Observability: Health, Monitoring & Logs¶
This guide covers the tools and procedures for monitoring the Cloudflare RAG service.
1. Health Checks¶
Health checks are the first line of defense for detecting issues.
API-Side Health Probes¶
The Labeeb API provides endpoints to check the health of its Cloudflare dependencies from its own perspective.
| Endpoint | Probe | Checks | Potential Outcomes |
|---|---|---|---|
/api/health/ai-gateway |
Default (/models) |
AI Gateway connectivity (cached) | ok, degraded |
/api/health/ai-gateway |
?probe=embeddings |
Upstream provider quota | ok, rate_limited, down |
/api/health/edge-llm |
Worker /llm/health |
Custom worker health | ok, down |
Worker-Side Health¶
- Endpoint:
/rag/health - Deep Check: Use
?deep=1to include a quick embedding timing test, which verifies the Workers AI binding is functional.
2. Logs¶
Real-time logs are essential for debugging.
- Command: Use
wrangler tailto stream live logs from your worker. - AI Gateway Logs: View detailed logs and analytics in the Cloudflare dashboard under AI → AI Gateway → Logs.

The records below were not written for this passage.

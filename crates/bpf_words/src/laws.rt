ghost use Rattle.std.specs.Prelude.{◌≡◌, ℕ, ◌-◌, ◌%◌, ◌^◌, ◌<◌, ◌≤◌, ◌≢◌, ◌↔◌, pos, neg_ℤ, ◌≤ℤ◌, ◌<ℤ◌, not, bit_and};
ghost use Rattle.std.specs.Prelude.{IsTrue, IfSome, Some, None};
ghost use Rattle.bpf_words.specs.Condition.{holds, opposite};
ghost use Rattle.bpf_words.specs.End.{end_value, end_bits};
ghost use Rattle.bpf_words.specs.Operation.{alu};
ghost use Rattle.bpf_words.specs.Word.{signed_value, word};
ghost use Rattle.bpf_words.specs.declared.condition.Condition.{Condition};
ghost use Rattle.bpf_words.specs.declared.condition.Condition.TheVariants.{Eq, Gt, Ge, Set, Ne, Sgt, Sge, Lt, Le, Slt};
ghost use Rattle.bpf_words.specs.declared.condition.Condition.TheVariants.{Sle};
ghost use Rattle.bpf_words.specs.declared.operation.ByteOrder.{ByteOrder};
ghost use Rattle.bpf_words.specs.declared.operation.ByteOrder.TheVariants.{Little, Swap};
ghost use Rattle.bpf_words.specs.declared.operation.EndWidth.{EndWidth};
ghost use Rattle.bpf_words.specs.declared.operation.Operation.{Operation};
ghost use Rattle.bpf_words.specs.declared.operation.Operation.TheVariants.{Binary};
ghost use Rattle.bpf_words.specs.declared.operation.BinaryOperation.TheVariants.{Div, Mod, Sdiv, Smod};

/// The result of an operation is a word: below 2^64, and at 32 bits below 2^32, with zeros in the upper half.
#[tactic(auto, using(crate::proofs::Words::alu_below))]
pub fn results_are_words()
    ensures { (n : ℕ) → (op : Operation) → (a b : ℕ) → alu n op a b < 2 ^ n }
{}

/// The result of a byte swap instruction has zeros above the bits that the instruction takes.
#[tactic(auto, using(crate::proofs::Words::ended_below))]
pub fn end_is_narrow()
    ensures { (order : ByteOrder) → (width : EndWidth) → (a : ℕ)
        → end_value order width a < 2 ^ end_bits width }
{}

/// Bytes that are reversed twice are in their order again.
#[tactic(auto, using(crate::proofs::Words::reversed_twice))]
pub fn swaps_undo()
    ensures { (width : EndWidth) → (a : ℕ)
        → end_value Swap width (end_value Swap width a) ≡ end_value Little width a }
{}

/// A quotient by zero is 0, and a remainder by zero is the dividend's word.
#[tactic(auto, using(crate::proofs::Words::cut_zero), unfolding(crate::specs::Operation::alu, crate::specs::Operation::binary_value))]
pub fn division_by_zero()
    ensures quotient { (n a : ℕ) → alu n (Binary Div) a 0 ≡ 0 }
    ensures remainder { (n a : ℕ) → alu n (Binary Mod) a 0 ≡ a % 2 ^ n }
    ensures signed_quotient { (n a : ℕ) → alu n (Binary Sdiv) a 0 ≡ 0 }
    ensures signed_remainder { (n a : ℕ) → alu n (Binary Smod) a 0 ≡ a % 2 ^ n }
{}

/// The least signed number by -1 gives itself, and the remainder 0.
#[tactic(auto, unfolding(crate::specs::Operation::alu, crate::specs::Operation::binary_value))]
pub fn least_by_minus_one()
    ensures quotient64 { alu 64 (Binary Sdiv) (2 ^ 63) (2 ^ 64 - 1) ≡ 2 ^ 63 }
    ensures remainder64 { alu 64 (Binary Smod) (2 ^ 63) (2 ^ 64 - 1) ≡ 0 }
    ensures quotient32 { alu 32 (Binary Sdiv) (2 ^ 31) (2 ^ 32 - 1) ≡ 2 ^ 31 }
    ensures remainder32 { alu 32 (Binary Smod) (2 ^ 31) (2 ^ 32 - 1) ≡ 0 }
{}

/// The signed number of a word is in the type's range, and is the word's modulo 2^n.
#[tactic(auto, using(crate::proofs::Words::signed_back))]
pub fn signed_reads_words()
    ensures least { (n a : ℕ) → 0 < n → a < 2 ^ n → neg_ℤ (pos (2 ^ (n - 1))) ≤ℤ signed_value n a }
    ensures greatest { (n a : ℕ) → 0 < n → a < 2 ^ n → signed_value n a <ℤ pos (2 ^ (n - 1)) }
    ensures back { (n a : ℕ) → a < 2 ^ n → word n (signed_value n a) ≡ a }
{}

/// A condition and its opposite exclude each other: exactly one of the two holds. The opposite's opposite is the
/// condition. The bit test alone has no opposite.
#[tactic(auto, using(crate::proofs::Words::opposite_excludes, crate::proofs::Words::opposite_back, crate::proofs::Words::opposite_none))]
pub fn opposites_exclude()
    ensures excludes { (condition : Condition) → IfSome (opposite condition) (λ other.
        (n a b : ℕ) → holds n other a b ≡ not (holds n condition a b)) }
    ensures back { (condition : Condition) → IfSome (opposite condition) (λ other.
        opposite other ≡ Some condition) }
    ensures none { (condition : Condition) → (opposite condition ≡ None) ↔ (condition ≡ Set) }
{}

/// Each condition is a comparison of two words: unsigned, signed, or of the bits that are set in both.
#[tactic(auto, using(crate::proofs::Words::cut_word), unfolding(crate::specs::Condition::holds, crate::specs::Condition::comparison))]
pub fn conditions_compare()
    ensures eq { (n a b : ℕ) → a < 2 ^ n → b < 2 ^ n → IsTrue (holds n Eq a b) ↔ (a ≡ b) }
    ensures ne { (n a b : ℕ) → a < 2 ^ n → b < 2 ^ n → IsTrue (holds n Ne a b) ↔ (a ≢ b) }
    ensures gt { (n a b : ℕ) → a < 2 ^ n → b < 2 ^ n → IsTrue (holds n Gt a b) ↔ (b < a) }
    ensures ge { (n a b : ℕ) → a < 2 ^ n → b < 2 ^ n → IsTrue (holds n Ge a b) ↔ (b ≤ a) }
    ensures lt { (n a b : ℕ) → a < 2 ^ n → b < 2 ^ n → IsTrue (holds n Lt a b) ↔ (a < b) }
    ensures le { (n a b : ℕ) → a < 2 ^ n → b < 2 ^ n → IsTrue (holds n Le a b) ↔ (a ≤ b) }
    ensures sgt { (n a b : ℕ) → a < 2 ^ n → b < 2 ^ n
        → IsTrue (holds n Sgt a b) ↔ (signed_value n b <ℤ signed_value n a) }
    ensures sge { (n a b : ℕ) → a < 2 ^ n → b < 2 ^ n
        → IsTrue (holds n Sge a b) ↔ (signed_value n b ≤ℤ signed_value n a) }
    ensures slt { (n a b : ℕ) → a < 2 ^ n → b < 2 ^ n
        → IsTrue (holds n Slt a b) ↔ (signed_value n a <ℤ signed_value n b) }
    ensures sle { (n a b : ℕ) → a < 2 ^ n → b < 2 ^ n
        → IsTrue (holds n Sle a b) ↔ (signed_value n a ≤ℤ signed_value n b) }
    ensures set { (n a b : ℕ) → a < 2 ^ n → b < 2 ^ n
        → IsTrue (holds n Set a b) ↔ (bit_and a b ≢ 0) }
{}
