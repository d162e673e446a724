ghost use Rattle.std.specs.Prelude.{◌≡◌};
ghost use Rattle.bpf_words.specs.Condition.{holds};

use crate::condition::Condition;
use crate::cut::low32;
use crate::{word32, word64};

/// Tells whether a condition holds on 64 bits: `a` is the destination's value and `b` the source's (RFC 9669 section
/// 4.3).
#[tactic(auto, unfolding(crate::specs::Condition::holds))]
pub fn holds64(condition: Condition, a: u64, b: u64) -> bool
    ensures { result ≡ holds 64 condition a b }
{
    word64::comparison(condition, a, b)
}

/// Tells whether a condition holds of the low 32 bits of both values (RFC 9669 section 4.3). `a` is the destination's
/// value and `b` the source's.
#[tactic(auto, unfolding(crate::specs::Condition::holds))]
pub fn holds32(condition: Condition, a: u64, b: u64) -> bool
    ensures { result ≡ holds 32 condition a b }
{
    word32::comparison(condition, low32(a), low32(b))
}
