//! Settings.

use super::runs::joined;
use site_service::site_over;
use std::alloc::Global;

/// Settings, and the message about their fault.
const FAULTS: [(&[&str], &str); 14] = [
    (&["table 1 8"], "line 0: L5"),
    (&[], "line 0: L5"),
    (&["window 4", "replicas 2"], "line 2: L5"),
    (&["window 4", "log"], "line 2: L5"),
    (&["window 4", "begin 1 add 00"], "line 2: L5"),
    (&["window 4", "window 4"], "line 2: L5"),
    (&["additions", "window 4", "additions"], "line 3: L5"),
    (&["window 4", "additions 1"], "line 2: L3"),
    (&["window 4", "additions "], "line 2: L3"),
    (&["window 4", "addition"], "line 2: L2"),
    (&["window 4", " additions"], "line 2: L2"),
    (&["window 0"], "line 1: L4"),
    (&["# a\tcomment", "window 4"], "line 1: L1"),
    (
        &["window 4", "table 1 8", "proc x 1 0 9500000000000000"],
        "line 3: L7 V1 slot 0",
    ),
];

/// Tells whether a site with these settings says this, and neither answers nor reads its input.
fn says(alloc: Global, settings: &[u8], fault: &[u8]) -> bool {
    let mut reader = settings;
    let mut input = b"position\n".as_slice();
    let mut answers = Vec::new(alloc);
    let mut faults = Vec::new(alloc);
    let status = site_over(alloc, &mut reader, &mut input, &mut answers, &mut faults);
    status == 1 && answers.is_empty() && input.len() == 9 && faults.as_slice() == fault
}

/// Settings at fault end a site before it reads its input.
#[test]
fn settings_at_fault_are_told(rt: HostRuntime) {
    let alloc = rt.alloc();
    for (at, (lines, fault)) in FAULTS.iter().enumerate() {
        let settings = joined(&rt, alloc, lines);
        let said = joined(&rt, alloc, &[*fault]);
        let met = says(alloc, &settings, &said);
        assert!(rt; met, "{at}");
    }
}
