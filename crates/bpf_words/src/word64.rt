//! The operations and the conditions on words of 64 bits.
ghost use Rattle.std.specs.Prelude.{◌≡◌, ◌%◌};
ghost use Rattle.bpf_words.specs.Condition as conditions;
ghost use Rattle.bpf_words.specs.Operation as operations;
ghost use Rattle.bpf_words.specs.declared.operation.BinaryOperation.TheVariants.{Sdiv, Smod};

use crate::condition::Condition;
use crate::cut::{low8, low16, low32};
use crate::operation::{BinaryOperation, SignExtension};

/// Returns what an operation gives on two words of 64 bits.
#[tactic(auto, unfolding(crate::specs::Operation::binary_value))]
pub fn binary_value(op: BinaryOperation, a: u64, b: u64) -> u64
    ensures { result ≡ operations.binary_value 64 op a b }
{
    match op {
        BinaryOperation::Add => a.wrapping_add(b),
        BinaryOperation::Sub => a.wrapping_sub(b),
        BinaryOperation::Mul => a.wrapping_mul(b),
        BinaryOperation::Div => a.checked_div(b).unwrap_or(0),
        BinaryOperation::Sdiv => signed_quotient(a, b),
        BinaryOperation::Or => a | b,
        BinaryOperation::And => a & b,
        BinaryOperation::Lsh => a.wrapping_shl(low32(b)),
        BinaryOperation::Rsh => a.wrapping_shr(low32(b)),
        BinaryOperation::Mod => a.checked_rem(b).unwrap_or(a),
        BinaryOperation::Smod => signed_remainder(a, b),
        BinaryOperation::Xor => a ^ b,
        BinaryOperation::Mov => b,
        BinaryOperation::Arsh => a.cast_signed().wrapping_shr(low32(b)).cast_unsigned(),
    }
}

/// The low bits of a word, sign-extended to 64 bits.
pub fn sign_extension(from: SignExtension, b: u64) -> u64
    ensures { result ≡ operations.sign_extension 64 from b }
{
    match from {
        SignExtension::From8 => i64::from(low8(b).cast_signed()),
        SignExtension::From16 => i64::from(low16(b).cast_signed()),
        SignExtension::From32 => i64::from(low32(b).cast_signed()),
    }
    .cast_unsigned()
}

/// Tells whether a condition holds of two words of 64 bits.
#[tactic(auto, unfolding(crate::specs::Condition::comparison))]
pub fn comparison(condition: Condition, a: u64, b: u64) -> bool
    ensures { result ≡ conditions.comparison 64 condition a b }
{
    match condition {
        Condition::Eq => a == b,
        Condition::Gt => a > b,
        Condition::Ge => a >= b,
        Condition::Set => a & b != 0,
        Condition::Ne => a != b,
        Condition::Sgt => a.cast_signed() > b.cast_signed(),
        Condition::Sge => a.cast_signed() >= b.cast_signed(),
        Condition::Lt => a < b,
        Condition::Le => a <= b,
        Condition::Slt => a.cast_signed() < b.cast_signed(),
        Condition::Sle => a.cast_signed() <= b.cast_signed(),
    }
}

#[tactic(auto, unfolding(crate::specs::Operation::binary_value))]
fn signed_quotient(a: u64, b: u64) -> u64
    ensures { result ≡ operations.binary_value 64 Sdiv a b }
{
    if b == 0 {
        return 0;
    }
    a.cast_signed()
        .wrapping_div(b.cast_signed())
        .cast_unsigned()
}

#[tactic(auto, unfolding(crate::specs::Operation::binary_value))]
fn signed_remainder(a: u64, b: u64) -> u64
    ensures { result ≡ operations.binary_value 64 Smod a b }
{
    if b == 0 {
        return a;
    }
    a.cast_signed()
        .wrapping_rem(b.cast_signed())
        .cast_unsigned()
}
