//! Byte strings that somebody changed.

use super::runs::{joined, run_site};
use crate::stories::{CALL, CALL_BYTES, SETTINGS, SUBMITTED};
use std::alloc::Global;
use std::io::Write;
use std::process::Abort;

/// The number of bytes of the head of a call with 16 bytes of arguments.
const HEAD: usize = 45;

/// The outcome of a byte string that is the first.
#[derive(Clone, Copy)]
enum Fate {
    /// The byte string commits with reply 10.
    Commits,
    /// The byte string is nothing, and may carry a request.
    Nothing { cause: u8, has_request: bool },
}

/// Returns the outcome of a call of `add` that adds 10 to a row where none is. The call's byte at a place was changed
/// in these bits.
fn fate_of(place: usize, bits: u8) -> Fate {
    let (cause, has_request) = match place {
        // the kind of entry, or a sequence number of 0
        0 => (1, false),
        5 if bits == 1 => (1, false),
        // another request or call number, with the same run
        1..=12 => return Fate::Commits,
        // another procedure
        13 | 14 => (4, true),
        // one more byte of arguments, so that the snapshot stands in the reply; or more arguments than there are bytes
        15 if bits == 1 => (3, true),
        15 | 16 => (1, false),
        // a snapshot that is yet to come
        33..=36 => (3, true),
        // another run
        _ => (5, true),
    };
    Fate::Nothing { cause, has_request }
}

/// The little-endian number in the four bytes from a place on.
fn number_at(bytes: &[u8], place: usize) -> u32 {
    let mut number: u32 = 0;
    for at in 0..4usize {
        let byte = bytes
            .get(place.saturating_add(3 - at))
            .copied()
            .unwrap_or(0);
        number = number.wrapping_mul(256).wrapping_add(u32::from(byte));
    }
    number
}

/// The line that is answered to a byte string.
fn line_of(rt: &impl Abort, alloc: Global, bytes: &[u8], fate: Fate) -> Vec<u8> {
    let mut line = Vec::new(alloc);
    let has_request = match fate {
        Fate::Commits => {
            write!(line, "entry 1 commit reply 10").expect(rt, "memory");
            true
        }
        Fate::Nothing { cause, has_request } => {
            write!(line, "entry 1 nothing E{cause}").expect(rt, "memory");
            has_request
        }
    };
    if has_request {
        let session = number_at(bytes, 1);
        let sequence = number_at(bytes, 5);
        write!(line, " session {session} seq {sequence}").expect(rt, "memory");
    }
    writeln!(line, "").expect(rt, "memory");
    line
}

/// The digit of a number below 16.
fn digit_of(number: u8) -> u8 {
    if number < 10 {
        b'0'.wrapping_add(number)
    } else {
        (b'a' - 10).wrapping_add(number)
    }
}

/// The line that gives a byte string to a site.
fn entry_line(rt: &impl Abort, alloc: Global, bytes: &[u8]) -> Vec<u8> {
    let mut line = Vec::from_slice(alloc, b"entry ").expect(rt, "memory");
    if bytes.is_empty() {
        line.push(b'-').expect(rt, "memory");
    }
    for byte in bytes {
        line.extend_from_slice(&[digit_of(byte / 16), digit_of(byte % 16)])
            .expect(rt, "memory");
    }
    line.push(b'\n').expect(rt, "memory");
    line
}

/// Three texts behind one another.
fn together(rt: &impl Abort, alloc: Global, first: &[u8], second: &[u8], third: &[u8]) -> Vec<u8> {
    let mut all = Vec::from_slice(alloc, first).expect(rt, "memory");
    all.extend_from_slice(second).expect(rt, "memory");
    all.extend_from_slice(third).expect(rt, "memory");
    all
}

/// Tells whether a site answers its input so.
fn answers(alloc: Global, settings: &[u8], input: &[u8], wanted: &[u8]) -> bool {
    let ended = run_site(alloc, alloc, settings, input);
    ended.status == 0 && ended.answers.as_slice() == wanted
}

/// Tells whether a site that is given the byte string answers it so. A site that is asked something before and behind
/// it has to answer so too.
fn meets(rt: &impl Abort, alloc: Global, settings: &[u8], bytes: &[u8], fate: Fate) -> bool {
    let line = entry_line(rt, alloc, bytes);
    let answer = line_of(rt, alloc, bytes, fate);
    let call = joined(rt, alloc, &[CALL]);
    let submitted = joined(rt, alloc, &[SUBMITTED]);
    let input = together(rt, alloc, &call, &line, b"position\n");
    let wanted = together(rt, alloc, &submitted, &answer, b"position 1\n");
    answers(alloc, settings, &line, &answer) && answers(alloc, settings, &input, &wanted)
}

/// Each byte of an entry is changed in turn, and is answered alike at two sites.
#[test]
fn changed_entries_commit_or_are_nothing(rt: HostRuntime) {
    let alloc = rt.alloc();
    let settings = joined(&rt, alloc, &SETTINGS);
    for place in 0..CALL_BYTES.len() {
        for bits in [1, 128, 255] {
            let mut bytes = CALL_BYTES;
            if let Some(byte) = bytes.get_mut(place) {
                *byte ^= bits;
            }
            let fate = fate_of(place, bits);
            let met = meets(&rt, alloc, &settings, &bytes, fate);
            assert!(rt; met, "{place} {bits}");
        }
    }
}

/// An entry that is cut at any length is nothing.
#[test]
fn cut_entries_are_nothing(rt: HostRuntime) {
    let alloc = rt.alloc();
    let settings = joined(&rt, alloc, &SETTINGS);
    for length in 0..CALL_BYTES.len() {
        let (bytes, _) = CALL_BYTES.split_at(length);
        let has_request = length >= HEAD;
        let cause = if has_request { 5 } else { 1 };
        let fate = Fate::Nothing { cause, has_request };
        let met = meets(&rt, alloc, &settings, bytes, fate);
        assert!(rt; met, "{length}");
    }
}
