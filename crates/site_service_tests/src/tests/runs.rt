//! Sites that are run.

use crate::stories::Story;
use site_service::site_over;
use std::alloc::{Allocator, Global};
use std::process::Abort;

/// Joins lines, each with an LF.
pub(crate) fn joined(rt: &impl Abort, alloc: Global, lines: &[&str]) -> Vec<u8> {
    let mut text = Vec::new(alloc);
    for line in lines {
        text.extend_from_slice(line.as_bytes()).expect(rt, "memory");
        text.extend_from_slice(b"\n").expect(rt, "memory");
    }
    text
}

/// The end of a site: its status, its answers, and what is said of faults.
#[derive(Drop)]
pub(crate) struct Ended {
    pub(crate) status: u8,
    pub(crate) answers: Vec<u8>,
    pub(crate) faults: Vec<u8>,
}

/// Runs a site that has these settings and this input.
pub(crate) fn run_site<A: Allocator + Copy>(
    alloc: A,
    global: Global,
    settings: &[u8],
    input: &[u8],
) -> Ended {
    let mut settings = settings;
    let mut input = input;
    let mut answers = Vec::new(global);
    let mut faults = Vec::new(global);
    let status = site_over(alloc, &mut settings, &mut input, &mut answers, &mut faults);
    Ended {
        status,
        answers,
        faults,
    }
}

/// Tells whether a site answers its lines as a story says, and says nothing of faults.
pub(crate) fn tells(rt: &impl Abort, alloc: Global, story: &Story) -> bool {
    let settings = joined(rt, alloc, story.settings);
    let input = joined(rt, alloc, story.lines);
    let answers = joined(rt, alloc, story.answers);
    let ended = run_site(alloc, alloc, &settings, &input);
    ended.status == 0 && ended.faults.is_empty() && ended.answers.as_slice() == answers.as_slice()
}
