/// A condition of the conditional jumps, by its name there (RFC 9669 section 4.3).
#[derive(Clone, Copy, Debug, PartialEq, Eq)]
pub enum Condition {
    /// The words are equal.
    Eq,
    /// The first word is greater, unsigned.
    Gt,
    /// The first word is greater or equal, unsigned.
    Ge,
    /// A bit is set in both words.
    Set,
    /// The words differ.
    Ne,
    /// The first word is greater, signed.
    Sgt,
    /// The first word is greater or equal, signed.
    Sge,
    /// The first word is less, unsigned.
    Lt,
    /// The first word is less or equal, unsigned.
    Le,
    /// The first word is less, signed.
    Slt,
    /// The first word is less or equal, signed.
    Sle,
}
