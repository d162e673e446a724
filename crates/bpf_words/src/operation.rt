/// An arithmetic operation on two operands, by its name in RFC 9669 section 4.1.
#[derive(Clone, Copy, Debug, PartialEq, Eq)]
pub enum BinaryOperation {
    Add,
    Sub,
    Mul,
    /// Unsigned quotient.
    Div,
    /// Signed quotient, cut towards zero.
    Sdiv,
    Or,
    And,
    /// Left shift.
    Lsh,
    /// Right shift, filled with zeros.
    Rsh,
    /// Unsigned remainder.
    Mod,
    /// Signed remainder, with the dividend's sign.
    Smod,
    Xor,
    Mov,
    /// Right shift, filled with the sign bit.
    Arsh,
}

/// The number of low bits that a sign-extending move takes (RFC 9669 section 4.1).
#[derive(Clone, Copy, Debug, PartialEq, Eq)]
pub enum SignExtension {
    From8,
    From16,
    From32,
}

/// An operation of the arithmetic classes.
#[derive(Clone, Copy, Debug, PartialEq, Eq)]
pub enum Operation {
    Binary(BinaryOperation),
    /// Zero less the first operand; the second counts for nothing.
    Neg,
    /// The second operand's low bits, sign-extended; the first counts for nothing.
    Movsx(SignExtension),
}

/// The effect of a byte swap instruction on the bytes (RFC 9669 section 4.2, on a little-endian host).
#[derive(Clone, Copy, Debug, PartialEq, Eq)]
pub enum ByteOrder {
    /// Keeps the low bits in their order.
    Little,
    /// Reverses the bytes.
    Big,
    /// Reverses the bytes, whatever the host's order.
    Swap,
}

/// The number of low bits that a byte swap instruction takes (RFC 9669 section 4.2).
#[derive(Clone, Copy, Debug, PartialEq, Eq)]
pub enum EndWidth {
    Low16,
    Low32,
    Low64,
}
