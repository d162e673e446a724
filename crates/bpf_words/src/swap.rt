ghost use Rattle.std.specs.Prelude.{◌≡◌};
ghost use Rattle.bpf_words.specs.End.{end_value, byte_reversal};

use crate::cut::{low16, low32};
use crate::operation::{ByteOrder, EndWidth};

/// The low bits of `a`, in little-endian or in reversed byte order, with zeros above them (RFC 9669 section 4.2). The
/// whole 64-bit value is taken in every class.
#[tactic(auto, unfolding(crate::specs::End::end_value))]
pub fn end(order: ByteOrder, width: EndWidth, a: u64) -> u64
    ensures { result ≡ end_value order width a }
{
    match order {
        ByteOrder::Little => match width {
            EndWidth::Low16 => a & 0xffff,
            EndWidth::Low32 => a & 0xffff_ffff,
            EndWidth::Low64 => a,
        },
        ByteOrder::Big | ByteOrder::Swap => swapped(width, a),
    }
}

fn swapped(width: EndWidth, a: u64) -> u64
    ensures { result ≡ byte_reversal width a }
{
    match width {
        EndWidth::Low16 => u64::from(low16(a).swap_bytes()),
        EndWidth::Low32 => u64::from(low32(a).swap_bytes()),
        EndWidth::Low64 => a.swap_bytes(),
    }
}
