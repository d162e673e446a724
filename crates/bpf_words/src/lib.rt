//! The word operations of BPF: its arithmetic, its byte swaps and its conditions, on 64 and on 32
//! bits (RFC 9669 sections 4.1 to 4.3).
#![tactic(auto)]

pub use arithmetic::{alu32, alu64};
pub use comparison::{holds32, holds64};
pub use condition::Condition;
pub use laws::{
    conditions_compare, division_by_zero, end_is_narrow, least_by_minus_one, opposites_exclude,
    results_are_words, signed_reads_words, swaps_undo,
};
pub use operation::{BinaryOperation, ByteOrder, EndWidth, Operation, SignExtension};
pub use swap::end;

mod arithmetic;
mod comparison;
mod condition;
mod cut;
mod laws;
mod operation;
mod swap;
mod word32;
mod word64;
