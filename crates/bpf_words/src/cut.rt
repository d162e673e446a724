ghost use Rattle.std.specs.Prelude.{◌≡◌, ◌%◌, ◌^◌};

/// The low 8 bits.
pub fn low8(a: u64) -> u8
    ensures { result ≡ a % 2 ^ 8 }
{
    (a & 0xff) as u8
}

/// The low 16 bits.
pub fn low16(a: u64) -> u16
    ensures { result ≡ a % 2 ^ 16 }
{
    (a & 0xffff) as u16
}

/// The low 32 bits.
pub fn low32(a: u64) -> u32
    ensures { result ≡ a % 2 ^ 32 }
{
    (a & 0xffff_ffff) as u32
}
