//! The answers to lines.

use super::runs::{joined, run_site, tells};
use crate::stories::{FIRST_LINES, SETTINGS, all_stories};
use std::alloc::Global;
use std::process::Abort;

#[test]
fn stories_are_told(rt: HostRuntime) {
    for (at, story) in all_stories().iter().enumerate() {
        let told = tells(&rt, rt.alloc(), story);
        assert!(rt; told, "story {at}");
    }
}

/// A line that is the first is answered as its row says.
#[test]
fn first_lines_are_answered(rt: HostRuntime) {
    let alloc = rt.alloc();
    let settings = joined(&rt, alloc, &SETTINGS);
    for (line, answer) in &FIRST_LINES {
        let input = joined(&rt, alloc, &[*line]);
        let answers = joined(&rt, alloc, &[*answer]);
        let ended = run_site(alloc, alloc, &settings, &input);
        assert_eq!(rt; ended.answers.as_slice(), answers.as_slice());
        assert_eq!(rt; (ended.status, ended.faults.is_empty()), (0, true));
    }
}

/// A line of `digits` digits behind its front, a line that asks for the position, and that line again without an LF.
fn long_input(rt: &impl Abort, alloc: Global, front: &str, digits: usize) -> Vec<u8> {
    let mut input = Vec::from_slice(alloc, front.as_bytes()).expect(rt, "memory");
    let length = front.len().saturating_add(digits);
    input.resize(length, b'0').expect(rt, "memory");
    input
        .extend_from_slice(b"\nposition\nposition")
        .expect(rt, "memory");
    input
}

const TAKEN: &str = "entry 1 nothing E1\nposition 1\n";

const TOO_LONG: &str = "fault L1\nposition 0\n";

const PASSED: &str = "position 0\n";

/// The front of a line, the number of digits behind it, and the answers to it and to the next line.
static LONG_LINES: [(&str, usize, &str); 5] = [
    ("entry ", 1_048_570, TAKEN),
    ("entry ", 1_048_571, TOO_LONG),
    ("entry ", 3_000_000, TOO_LONG),
    ("#", 1_048_575, PASSED),
    ("#", 1_048_576, TOO_LONG),
];

/// A line has at most 1,048,576 bytes. A longer line is passed over, a comment too, and bytes without an LF are no
/// line.
#[test]
fn lines_may_be_long(rt: HostRuntime) {
    let alloc = rt.alloc();
    let settings = joined(&rt, alloc, &SETTINGS);
    for (front, digits, answers) in &LONG_LINES {
        let input = long_input(&rt, alloc, front, *digits);
        let ended = run_site(alloc, alloc, &settings, &input);
        assert_eq!(rt; ended.status, 0);
        assert_eq!(rt; ended.answers.as_slice(), answers.as_bytes());
    }
}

3. Monitoring & Dashboards¶
AI Gateway Dashboard¶
The AI Gateway dashboard is the primary tool for monitoring cost, latency, and errors related to third-party LLM providers.
- Location: AI → AI Gateway → Analytics
- Key Metrics to Watch:
- Cache Hit Ratio: Enable Cache responses in the gateway settings to reduce costs and latency. A high cache hit ratio is desirable.
- Errors: Monitor for spikes in error rates, which could indicate issues with an upstream provider.
- Latency: Track p95 latency to ensure providers are meeting performance expectations.
Vectorize¶
Use the Wrangler CLI to inspect the status and metadata of your Vectorize indexes.
# List all Vectorize indexes in your account
wrangler vectorize list
# List the metadata configuration for a specific index
wrangler vectorize list-metadata-index labeeb-articles-dev
Server-Timing Header¶
The /rag/query endpoint includes a Server-Timing response header, which provides a detailed breakdown of the time spent in each stage of the RAG pipeline (e.g., embed, search, rerank). This is invaluable for performance analysis.